## [Problem to work on]
Go through the entries below and return every line that contains "maps".

## [Supplied data]
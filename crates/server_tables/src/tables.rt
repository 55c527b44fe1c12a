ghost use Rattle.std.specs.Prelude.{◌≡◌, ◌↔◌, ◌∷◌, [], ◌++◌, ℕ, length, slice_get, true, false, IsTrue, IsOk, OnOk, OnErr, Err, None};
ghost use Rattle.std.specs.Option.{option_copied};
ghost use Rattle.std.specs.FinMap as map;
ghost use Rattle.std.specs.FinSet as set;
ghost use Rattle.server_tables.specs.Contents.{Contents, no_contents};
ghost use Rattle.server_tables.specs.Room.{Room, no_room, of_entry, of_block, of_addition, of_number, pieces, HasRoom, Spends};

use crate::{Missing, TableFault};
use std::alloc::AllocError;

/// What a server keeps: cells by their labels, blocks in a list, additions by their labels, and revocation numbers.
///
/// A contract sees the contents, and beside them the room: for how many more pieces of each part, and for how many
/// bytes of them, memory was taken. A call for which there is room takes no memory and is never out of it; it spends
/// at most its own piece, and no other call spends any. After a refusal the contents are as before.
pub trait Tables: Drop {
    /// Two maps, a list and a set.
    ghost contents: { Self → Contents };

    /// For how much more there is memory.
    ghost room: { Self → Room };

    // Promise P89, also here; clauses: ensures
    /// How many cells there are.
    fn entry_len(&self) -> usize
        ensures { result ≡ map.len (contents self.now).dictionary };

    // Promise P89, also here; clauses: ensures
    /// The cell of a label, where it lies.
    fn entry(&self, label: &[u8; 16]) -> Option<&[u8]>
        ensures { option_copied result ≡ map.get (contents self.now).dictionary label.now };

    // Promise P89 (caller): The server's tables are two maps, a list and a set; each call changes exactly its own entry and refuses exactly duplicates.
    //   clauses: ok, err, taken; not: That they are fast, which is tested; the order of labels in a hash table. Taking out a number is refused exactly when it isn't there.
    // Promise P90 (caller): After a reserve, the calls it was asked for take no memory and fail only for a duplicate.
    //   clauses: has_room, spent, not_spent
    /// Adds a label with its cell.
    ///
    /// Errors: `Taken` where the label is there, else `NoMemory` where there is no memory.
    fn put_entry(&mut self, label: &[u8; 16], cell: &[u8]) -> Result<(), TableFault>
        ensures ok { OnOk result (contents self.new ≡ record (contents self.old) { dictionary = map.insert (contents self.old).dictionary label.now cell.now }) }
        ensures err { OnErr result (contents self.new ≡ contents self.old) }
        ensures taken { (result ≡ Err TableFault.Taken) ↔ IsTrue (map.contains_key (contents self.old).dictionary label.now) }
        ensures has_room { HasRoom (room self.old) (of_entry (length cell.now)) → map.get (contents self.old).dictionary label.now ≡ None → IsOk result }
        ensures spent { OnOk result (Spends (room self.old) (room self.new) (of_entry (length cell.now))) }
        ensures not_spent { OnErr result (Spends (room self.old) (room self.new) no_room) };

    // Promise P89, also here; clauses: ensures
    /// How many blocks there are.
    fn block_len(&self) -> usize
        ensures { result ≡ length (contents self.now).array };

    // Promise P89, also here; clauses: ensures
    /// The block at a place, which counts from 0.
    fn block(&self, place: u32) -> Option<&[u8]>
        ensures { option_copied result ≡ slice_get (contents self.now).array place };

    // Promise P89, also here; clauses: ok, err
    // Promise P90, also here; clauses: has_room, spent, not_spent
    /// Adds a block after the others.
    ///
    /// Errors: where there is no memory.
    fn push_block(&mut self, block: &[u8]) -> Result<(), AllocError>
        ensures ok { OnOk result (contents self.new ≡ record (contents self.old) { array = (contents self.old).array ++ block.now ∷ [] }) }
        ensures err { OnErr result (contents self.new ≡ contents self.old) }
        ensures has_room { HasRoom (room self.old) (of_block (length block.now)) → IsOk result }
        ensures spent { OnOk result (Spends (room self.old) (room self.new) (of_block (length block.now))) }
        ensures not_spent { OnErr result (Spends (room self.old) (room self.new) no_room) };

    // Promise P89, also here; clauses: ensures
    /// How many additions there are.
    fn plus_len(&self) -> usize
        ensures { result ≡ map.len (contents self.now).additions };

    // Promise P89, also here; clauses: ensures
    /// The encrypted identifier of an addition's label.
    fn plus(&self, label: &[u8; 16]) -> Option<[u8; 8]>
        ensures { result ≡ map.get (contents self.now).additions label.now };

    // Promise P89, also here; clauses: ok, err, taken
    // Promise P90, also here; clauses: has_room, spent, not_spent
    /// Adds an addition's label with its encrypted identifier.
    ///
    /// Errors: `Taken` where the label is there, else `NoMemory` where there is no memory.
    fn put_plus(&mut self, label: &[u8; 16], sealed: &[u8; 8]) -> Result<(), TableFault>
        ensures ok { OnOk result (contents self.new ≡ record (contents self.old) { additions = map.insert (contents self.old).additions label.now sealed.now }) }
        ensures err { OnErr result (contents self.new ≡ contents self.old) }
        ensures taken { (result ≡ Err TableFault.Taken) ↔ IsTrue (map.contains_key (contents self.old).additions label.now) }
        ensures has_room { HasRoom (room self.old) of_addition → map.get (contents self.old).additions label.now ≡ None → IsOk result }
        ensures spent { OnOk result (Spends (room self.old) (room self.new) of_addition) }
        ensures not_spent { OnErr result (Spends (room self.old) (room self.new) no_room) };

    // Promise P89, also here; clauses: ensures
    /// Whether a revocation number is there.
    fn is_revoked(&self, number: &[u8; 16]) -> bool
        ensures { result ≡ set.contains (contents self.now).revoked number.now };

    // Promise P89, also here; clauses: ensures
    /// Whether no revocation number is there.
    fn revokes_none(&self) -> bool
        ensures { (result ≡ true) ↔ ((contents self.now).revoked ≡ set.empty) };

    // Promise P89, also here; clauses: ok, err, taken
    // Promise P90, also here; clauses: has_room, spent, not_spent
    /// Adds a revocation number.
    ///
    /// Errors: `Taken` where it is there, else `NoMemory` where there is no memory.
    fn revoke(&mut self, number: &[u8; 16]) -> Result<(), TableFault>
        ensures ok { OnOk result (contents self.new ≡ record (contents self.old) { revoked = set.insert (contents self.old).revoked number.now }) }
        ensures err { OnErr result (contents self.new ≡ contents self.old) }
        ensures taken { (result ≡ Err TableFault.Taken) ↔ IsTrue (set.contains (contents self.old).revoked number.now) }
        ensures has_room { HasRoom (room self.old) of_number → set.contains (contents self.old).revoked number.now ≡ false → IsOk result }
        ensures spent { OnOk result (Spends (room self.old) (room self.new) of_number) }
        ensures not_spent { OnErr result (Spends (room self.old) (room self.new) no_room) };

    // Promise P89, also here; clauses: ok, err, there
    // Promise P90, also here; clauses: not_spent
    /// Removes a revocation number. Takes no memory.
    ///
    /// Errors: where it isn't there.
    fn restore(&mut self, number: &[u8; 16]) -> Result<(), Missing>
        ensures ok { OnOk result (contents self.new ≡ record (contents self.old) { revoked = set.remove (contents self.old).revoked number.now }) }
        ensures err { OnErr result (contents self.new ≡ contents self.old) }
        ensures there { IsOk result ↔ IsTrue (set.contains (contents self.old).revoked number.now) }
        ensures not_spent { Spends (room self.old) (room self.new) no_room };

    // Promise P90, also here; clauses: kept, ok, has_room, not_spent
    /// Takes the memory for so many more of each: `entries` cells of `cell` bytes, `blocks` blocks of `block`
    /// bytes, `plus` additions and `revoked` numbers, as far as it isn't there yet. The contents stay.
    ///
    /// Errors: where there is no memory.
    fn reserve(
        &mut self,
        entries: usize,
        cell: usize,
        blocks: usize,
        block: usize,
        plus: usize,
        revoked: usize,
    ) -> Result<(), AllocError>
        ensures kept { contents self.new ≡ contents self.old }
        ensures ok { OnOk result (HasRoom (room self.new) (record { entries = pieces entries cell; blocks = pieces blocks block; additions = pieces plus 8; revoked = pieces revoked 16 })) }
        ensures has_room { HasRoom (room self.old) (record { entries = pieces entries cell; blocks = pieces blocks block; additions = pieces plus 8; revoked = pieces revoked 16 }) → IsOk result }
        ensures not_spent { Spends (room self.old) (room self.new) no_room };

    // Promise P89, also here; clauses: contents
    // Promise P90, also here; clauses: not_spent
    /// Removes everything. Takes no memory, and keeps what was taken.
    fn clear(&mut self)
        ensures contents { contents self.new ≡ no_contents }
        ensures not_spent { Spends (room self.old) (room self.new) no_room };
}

## [Task result]
    /// Two maps, a list and a set.
    // Promise P89 (caller): The server's tables are two maps, a list and a set; each call changes exactly its own entry and refuses exactly duplicates.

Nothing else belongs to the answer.